Reserve Bank of India’s ECB norms: two steps forward, one step back

The new rules have liberalised the lending side, while there has been no real change in the borrower base.  

The Reserve Bank of India’s revamped norms for external commercial borrowings (ECB) benefit global lenders rather than domestic borrowers, analysts and bankers said.

The new rules were announced by the RBI in November 2015. Sectors such as housing finance and infrastructure have been left high and dry, with ECB applications pending for over nine months and in some cases the government has urged the central bank to review its stance on restricting medium-term borrowings for infrastructure projects.

“I am rather surprised how it has happened, but the latest ECB guidelines do not talk about housing. This (financial) year, almost nine months have gone and all the housing finance companies are waiting for ECB approvals. If my information is correct, there are around 16 applications which are pending,” Mr. Sanjaya Gupta, Managing Director of PNB Housing Finance, told The Hindu.

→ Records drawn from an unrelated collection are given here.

//! Exported to C and Rust: the window of minutes: in how many of the last minutes each truck was busy.
//!
//! A window is lent as its two arrays, of 256 words and of 64 counts, and is passed with its place, its fill and its width, as the
//! call before returned them. These three numbers are parameters, as the C interface has them, and are passed in registers.
#![tactic(auto, unfolding(activity::specs::Window::no_minute, crate::specs::Window::as_window, crate::specs::Window::unless_refused, crate::specs::Window::window_in))]

ghost use Rattle.std.specs.Prelude.{◌≡◌};
ghost use Rattle.activity.specs.Window.{accepted, new_of, push_of, counts_of};
ghost use Rattle.capi.specs.Window.{as_window, unless_refused, window_in};

use crate::answers::WindowAnswer;
use activity::lent::{self, Numbers};
use activity::window::ActivityWindow;

// Writes a window's words and counts to the two arrays and returns its numbers.
fn window_out(a: ActivityWindow, words: &mut [u64; 256], counts: &mut [u32; 64]) -> WindowAnswer
    ensures answer { result ≡ as_window (accepted a) }
    ensures words { words.new ≡ a.words }
    ensures counts { counts.new ≡ a.counts }
{
    let ActivityWindow {
        words: kept,
        counts: counted,
        place,
        fill,
        width,
    } = a;
    *words = kept;
    *counts = counted;
    WindowAnswer {
        refusal: 0,
        place,
        fill,
        width,
    }
}

/// Writes an empty window, all words and counts 0, to both arrays and returns its numbers. It keeps the words of the last `width`
/// minutes; `width` must be 1 to 256.
///
/// ```
/// use poruwhina::calls::activity_new;
///
/// let (mut words, mut counts) = ([7; 256], [7; 64]);
/// assert_eq!(activity_new(&mut words, &mut counts, 257).refusal, 16);
/// assert_eq!((words, counts), ([7; 256], [7; 64]));
/// assert_eq!(activity_new(&mut words, &mut counts, 60).width, 60);
/// assert_eq!((words, counts), ([0; 256], [0; 64]));
/// ```
#[unsafe(no_mangle)]
pub extern "C" fn pw_activity_new(
    words: &mut [u64; 256],
    counts: &mut [u32; 64],
    width: usize,
) -> WindowAnswer
    ensures answer { result ≡ as_window (new_of width) }
    ensures words { words.new ≡
        unless_refused (new_of width).refusal words.old (new_of width).value.words }
    ensures counts { counts.new ≡
        unless_refused (new_of width).refusal counts.old (new_of width).value.counts }
{
    match ActivityWindow::new(width) {
        Ok(made) => window_out(made, words, counts),
        Err(e) => WindowAnswer {
            refusal: e.refusal.into(),
            place: e.state.place,
            fill: e.state.fill,
            width: e.state.width,
        },
    }
}

/// Writes `word`, whose bit j is the flag of truck j in the next minute, into the window, updates the counts and returns the new numbers.
/// The oldest word is replaced if the window already has `width` words. `place`, `fill` and `width` are those that the call before
/// returned.
///
/// ```
/// use poruwhina::calls::{WindowAnswer, activity_new, activity_push_minute};
///
/// let (mut words, mut counts) = ([0; 256], [0; 64]);
/// let empty = activity_new(&mut words, &mut counts, 2);
/// let one = activity_push_minute(&mut words, &mut counts, empty.place, empty.fill, empty.width, 0b101);
/// assert_eq!(one, WindowAnswer { refusal: 0, place: 1, fill: 1, width: 2 });
/// assert_eq!((words[0], counts[0], counts[1], counts[2]), (0b101, 1, 0, 1));
///
/// // A count that is one off is told apart, and the window stays as it is.
/// counts[1] = 1;
/// assert_eq!(activity_push_minute(&mut words, &mut counts, 1, 1, 2, 0b1), WindowAnswer { refusal: 16, ..one });
/// assert_eq!((words[1], counts[1]), (0, 1));
/// ```
#[unsafe(no_mangle)]
pub extern "C" fn pw_activity_push_minute(
    words: &mut [u64; 256],
    counts: &mut [u32; 64],
    place: usize,
    fill: usize,
    width: usize,
    word: u64,
) -> WindowAnswer
    ensures answer { result ≡ as_window (push_of (window_in words.old counts.old place fill width) word) }
    ensures words { words.new ≡
        (push_of (window_in words.old counts.old place fill width) word).value.words }
    ensures counts { counts.new ≡
        (push_of (window_in words.old counts.old place fill width) word).value.counts }
{
    let at = Numbers { place, fill, width };
    match lent::push_minute(words, counts, at, word) {
        Ok(after) => WindowAnswer {
            refusal: 0,
            place: after.place,
            fill: after.fill,
            width: after.width,
        },
        Err(e) => WindowAnswer {
            refusal: e.refusal.into(),
            place: e.state.place,
            fill: e.state.fill,
            width: e.state.width,
        },
    }
}

/// Writes to `out`, for each of the 64 flags, the number of kept words that have it set. Returns 0, or the number of the refusal.
/// `place`, `fill` and `width` are those that the call before returned.
///
/// ```
/// use poruwhina::calls::{activity_counts, activity_new};
///
/// let (mut words, mut counts, mut out) = ([0; 256], [0; 64], [7; 64]);
/// activity_new(&mut words, &mut counts, 2);
/// assert_eq!(activity_counts(&words, &counts, 1, 0, 2, &mut out), 16);
/// assert_eq!(out, [7; 64]);
/// assert_eq!(activity_counts(&words, &counts, 0, 0, 2, &mut out), 0);
/// assert_eq!(out, [0; 64]);
/// ```
#[unsafe(no_mangle)]
pub extern "C" fn pw_activity_counts(
    words: &[u64; 256],
    counts: &[u32; 64],
    place: usize,
    fill: usize,
    width: usize,
    out: &mut [u32; 64],
) -> u8
    ensures answer { result ≡ (counts_of (window_in words.now counts.now place fill width)).refusal }
    ensures counted { out.new ≡
        unless_refused (counts_of (window_in words.now counts.now place fill width)).refusal out.old
        (counts_of (window_in words.now counts.now place fill width)).value }
{
    let at = Numbers { place, fill, width };
    match lent::counts(words, counts, at) {
        Ok(counted) => {
            *out = counted;
            0
        }
        Err(e) => e.into(),
    }
}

“I think we have about $2 billion worth of ECBs permissions or applications pending,” he added.

The relaxed norms in the new framework were more complex than the previous set of rules, analysts said.

“In a nutshell, it is two steps forward one step back. They have made it a bit more complicated. Earlier, it was a straightforward regime, now they have introduced three tracks of ECBs (according to tenor of the loan),” said Shishir Mehta, Partner, Banking and Finance at law firm Khaitan and Company, adding that the intent was good and some changes were in the right direction. The revised framework’s three tracks include medium-term foreign currency denominated ECBs with a maturity period of three to five years (Track I), long-term foreign currency denominated borrowings with a maturity period of ten years (Track II), and rupee denominated borrowings of a maturity period of three to five years (Track III).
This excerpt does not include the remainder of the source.